La condición estrella es impecable: estar al corriente con SAT, IMSS e Infonavit. Nadie puede estar en contra de eso. El problema es el contexto: muchas de esas empresas hoy traen créditos fiscales, embargos o litigios justamente porque Pemex no les pagó a tiempo. Es el chiste cruel del sexenio energético: te asfixio, luego te excluyo del programa de oxígeno porque ya estás morado.
Mientras en las oficinas de la petrolera se diseñan filtros “técnicos”, en el otro lado hay empresas que llevan dos años estirando nóminas, pidiendo líneas de crédito carísimas, vendiendo activos o aplazando mantenimiento para no despedir gente. Ahora se les dice que sólo cobrará quien logre llegar limpio al examen fiscal… después de haber sido empujado al hoyo.
El mensaje es devastador para cientos de PyMEs del ecosistema petrolero: si la falta de pago te llevó a incumplir con el fisco o la seguridad social, quedas fuera de la tanda decembrina. Es la institucionalización del círculo vicioso: Pemex provoca el problema de liquidez, el Estado sanciona al proveedor, y luego Pemex usa esa sanción como pretexto para no pagarte todavía.
Todo esto ocurre con un dato que desnuda el tamaño del desorden: en 2025, la empresa habría cubierto apenas 30% de lo facturado en el mismo año, sobre un saldo global que ronda los 400 mil millones de pesos. Con esa proporción, la petrolera no tiene cadena de suministro, tiene una fila de acreedores cautivos que funcionan como su banca informal.

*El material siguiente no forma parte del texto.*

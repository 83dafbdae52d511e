//! The words of `$^`, `$+` and `$|`, which the wide profile has.
ghost use Rattle.std.specs.Prelude.{◌≡◌, ℕ, ◌<◌, false, List, ◌++◌, length, map, option_map, is_some, IfOk, IfSome};
ghost use Rattle.mk_names.specs.Names.{name_at};
ghost use Rattle.mk_macros.specs.Dynamic.{words_in};
ghost use Rattle.mk_profile.specs.Profile.{is_wide};
ghost use Rattle.mk_rule_lines.specs.Explicit.{numbers_of, explicit_of};
ghost use Rattle.mk_makefile.specs.Table.{named_at};
ghost use Rattle.mk_plan.specs.ExplicitWords.{once_of};
ghost use Rattle.mk_plan.specs.Parts.{language_of, is_part};
ghost use Rattle.mk_plan.specs.Recipe.{AreRecipeWords};
ghost use Rattle.mk_plan.specs.Words.{in_wide, implied_names, written_of, order_only_words};

use crate::nodes::newer_words;
use byte_strings::ByteStrings;
use mk_makefile::TargetTable;
use mk_nodes::Graph;
use mk_rule_lines::{RuleLine, explicit_of};
use mk_seen::name_of;
use std::alloc::{AllocError, Global};

/// The words of the dynamic macros of a recipe that have more than one.
pub struct RecipeWords<'g> {
    /// Those of `$?`.
    pub newer: Vec<&'g [u8]>,
    /// Those of `$^`, those of `$+`, and those of `$|`; None in the strict profile.
    pub once: Option<Vec<&'g [u8]>>,
    pub repeated: Option<Vec<&'g [u8]>>,
    pub order_only: Option<Vec<&'g [u8]>>,
}

impl Drop for RecipeWords<'_> {
    fn drop(self) {
        let RecipeWords {
            newer: _,
            once: _,
            repeated: _,
            order_only: _,
        } = self;
    }
}

/// The words as they are told, if there are any.
pub fn as_words<'w, 'g>(words: &'w Option<Vec<&'g [u8]>>) -> Option<&'w [&'g [u8]]>
    ensures { words_in result ≡ option_map (λ found. map (λ word. word.now) found.items) words.now }
{
    match words {
        Some(words) => Some(words.as_slice()),
        None => None,
    }
}

fn hard_words<'g>(alloc: Global, graph: &'g Graph, node: usize) -> Result<Vec<&'g [u8]>, AllocError>
    requires { node < length graph.now.nodes.items }
    ensures { IfOk result (λ words. map (λ word. word.now) words.items ≡ once_of graph.now node) }
{
    let mut words = Vec::new(alloc);
    for prerequisite in graph.hard.row(node) {
        words.push(name_of(graph, *prerequisite as usize))?;
    }
    Ok(words)
}

/// The words of `$^` for a node.
pub fn once_words<'g>(
    alloc: Global,
    graph: &'g Graph,
    node: usize,
) -> Result<Option<Vec<&'g [u8]>>, AllocError>
    requires { node < length graph.now.nodes.items }
    ensures { IfOk result (λ found. option_map (λ words. map (λ word. word.now) words.items) found
        ≡ in_wide (language_of graph.now) (once_of graph.now node)) }
{
    if !graph.macros.profile().is_wide() {
        return Ok(None);
    }
    Ok(Some(hard_words(alloc, graph, node)?))
}

/// The numbers of the lines that make a name.
fn numbers_of<'t>(lines: &[RuleLine], targets: &'t TargetTable, name: &[u8]) -> &'t [usize]
    requires { (n : List ℕ) → (named_at targets.now n).lines ≡ numbers_of lines.now n }
    ensures { result.now ≡ numbers_of lines.now name.now }
{
    targets.named(name).0
}

fn written_names(
    alloc: Global,
    lines: &[RuleLine],
    targets: &TargetTable,
    name: &[u8],
) -> Result<ByteStrings, AllocError>
    requires { (n : List ℕ) → (named_at targets.now n).lines ≡ numbers_of lines.now n }
    ensures { IfOk result (λ names. names ≡ explicit_of lines.now name.now) }
{
    explicit_of(alloc, lines, numbers_of(lines, targets, name))
}

/// The prerequisites of a node's lines as they are written, where `$+` has words.
pub fn explicit_names(
    alloc: Global,
    graph: &Graph,
    node: usize,
) -> Result<Option<ByteStrings>, AllocError>
    ensures wide { IfOk result (λ found. is_some found ≡ is_wide (language_of graph.now)) }
    ensures names { IfOk result (λ found. IfSome found
        (λ names. names ≡ explicit_of graph.now.lines.items (name_at graph.now.names node))) }
{
    match &graph.targets {
        Some(targets) => Ok(Some(written_names(
            alloc,
            &graph.lines,
            targets,
            name_of(graph, node),
        )?)),
        None => Ok(None),
    }
}

fn implied_words<'g>(
    alloc: Global,
    graph: &'g Graph,
    node: usize,
) -> Result<Vec<&'g [u8]>, AllocError>
    requires { node < length graph.now.nodes.items }
    ensures { IfOk result (λ words. map (λ word. word.now) words.items ≡ implied_names graph.now node) }
{
    let mut words = Vec::new(alloc);
    for prerequisite in graph.implied(node) {
        words.push(name_of(graph, *prerequisite as usize))?;
    }
    Ok(words)
}

fn written_words<'g>(
    alloc: Global,
    graph: &'g Graph,
    node: usize,
    explicit: &'g ByteStrings,
) -> Result<Vec<&'g [u8]>, AllocError>
    requires { node < length graph.now.nodes.items }
    ensures { IfOk result (λ words. map (λ word. word.now) words.items ≡ implied_names graph.now node ++ explicit.now) }
{
    let mut words = implied_words(alloc, graph, node)?;
    for name in explicit.iter() {
        words.push(name)?;
    }
    Ok(words)
}

/// What an implicit rule gives and these names, if there are any.
fn behind_implied<'g>(
    alloc: Global,
    graph: &'g Graph,
    node: usize,
    explicit: &'g Option<ByteStrings>,
) -> Result<Option<Vec<&'g [u8]>>, AllocError>
    requires { node < length graph.now.nodes.items }
    ensures { IfOk result (λ found. option_map (λ words. map (λ word. word.now) words.items) found
        ≡ option_map (λ names. implied_names graph.now node ++ names) explicit.now) }
{
    match explicit {
        Some(names) => Ok(Some(written_words(alloc, graph, node, names)?)),
        None => Ok(None),
    }
}

/// The words of `$+` for a node with these prerequisites by name.
pub fn repeated_words<'g>(
    alloc: Global,
    graph: &'g Graph,
    node: usize,
    explicit: &'g Option<ByteStrings>,
) -> Result<Option<Vec<&'g [u8]>>, AllocError>
    requires node { node < length graph.now.nodes.items }
    requires wide { is_some explicit.now ≡ is_wide (language_of graph.now) }
    requires names { IfSome explicit.now (λ names. names ≡ explicit_of graph.now.lines.items (name_at graph.now.names node)) }
    ensures { IfOk result (λ found. option_map (λ words. map (λ word. word.now) words.items) found
        ≡ in_wide (language_of graph.now) (written_of graph.now node)) }
{
    behind_implied(alloc, graph, node, explicit)
}

fn words_behind_the_bar<'g>(
    alloc: Global,
    graph: &'g Graph,
    node: usize,
) -> Result<Vec<&'g [u8]>, AllocError>
    requires { node < length graph.now.nodes.items }
    ensures { IfOk result (λ words. map (λ word. word.now) words.items ≡ order_only_words graph.now node) }
{
    let mut words = Vec::new(alloc);
    for prerequisite in graph.order_only(node) {
        words.push(name_of(graph, *prerequisite as usize))?;
    }
    Ok(words)
}

/// The words of `$|` for a node.
pub fn order_only_words<'g>(
    alloc: Global,
    graph: &'g Graph,
    node: usize,
) -> Result<Option<Vec<&'g [u8]>>, AllocError>
    requires { node < length graph.now.nodes.items }
    ensures { IfOk result (λ found. option_map (λ words. map (λ word. word.now) words.items) found
        ≡ in_wide (language_of graph.now) (order_only_words graph.now node)) }
{
    if graph.macros.profile().is_wide() {
        return Ok(Some(words_behind_the_bar(alloc, graph, node)?));
    }
    Ok(None)
}

/// The words of the dynamic macros in the recipe of a node that this line has alone, where the marks are those of the nodes that were
/// remade before it.
pub fn recipe_words<'g>(
    alloc: Global,
    graph: &'g Graph,
    marks: &[bool],
    node: usize,
    line: &RuleLine,
    explicit: &'g Option<ByteStrings>,
) -> Result<RecipeWords<'g>, AllocError>
    requires node { node < length graph.now.nodes.items }
    requires alone { is_part (language_of graph.now) line.now ≡ false }
    requires wide { is_some explicit.now ≡ is_wide (language_of graph.now) }
    requires names { IfSome explicit.now (λ names. names ≡ explicit_of graph.now.lines.items (name_at graph.now.names node)) }
    ensures { IfOk result (AreRecipeWords graph.now marks.now node line.now) }
{
    let newer = newer_words(alloc, graph, marks, node)?;
    let once = once_words(alloc, graph, node)?;
    let repeated = repeated_words(alloc, graph, node, explicit)?;
    let order_only = order_only_words(alloc, graph, node)?;
    Ok(RecipeWords {
        newer,
        once,
        repeated,
        order_only,
    })
}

El fin de año agrava la paradoja. Mientras Pemex juega a seleccionar “elegibles”, las empresas tienen que pagar aguinaldos, cuotas, vacaciones, IMSS, Infonavit, proveedores más pequeños. Muchos dueños están haciendo números indecentes: ¿pago prestaciones completas y me endeudo más, o recorto personal para llegar vivo a enero? Cada cheque que no sale de Pemex se convierte en un despido silencioso en Ciudad del Carmen, Villahermosa o Poza Rica.
Lo más grave es que el criterio implícito es profundamente regresivo: las grandes, diversificadas, con espalda financiera y abogados, tienen más margen para sobrevivir a la morosidad y mantenerse “al corriente”; las pequeñas, que dependen en 70 u 80% de Pemex, son las primeras en caer en incumplimiento… y las primeras en quedarse fuera de la lista de pago.
Si Pemex quisiera de verdad ordenar su relación con proveedores, empezaría por reconocer una verdad incómoda: no se puede exigir cumplimiento impecable a quienes han financiado, a la mala, su crisis de liquidez. Lo otro, lo que estamos viendo, no es saneamiento financiero: es trasladar el costo del desorden de la empresa del Estado a las empresas y trabajadores que la han sostenido a crédito.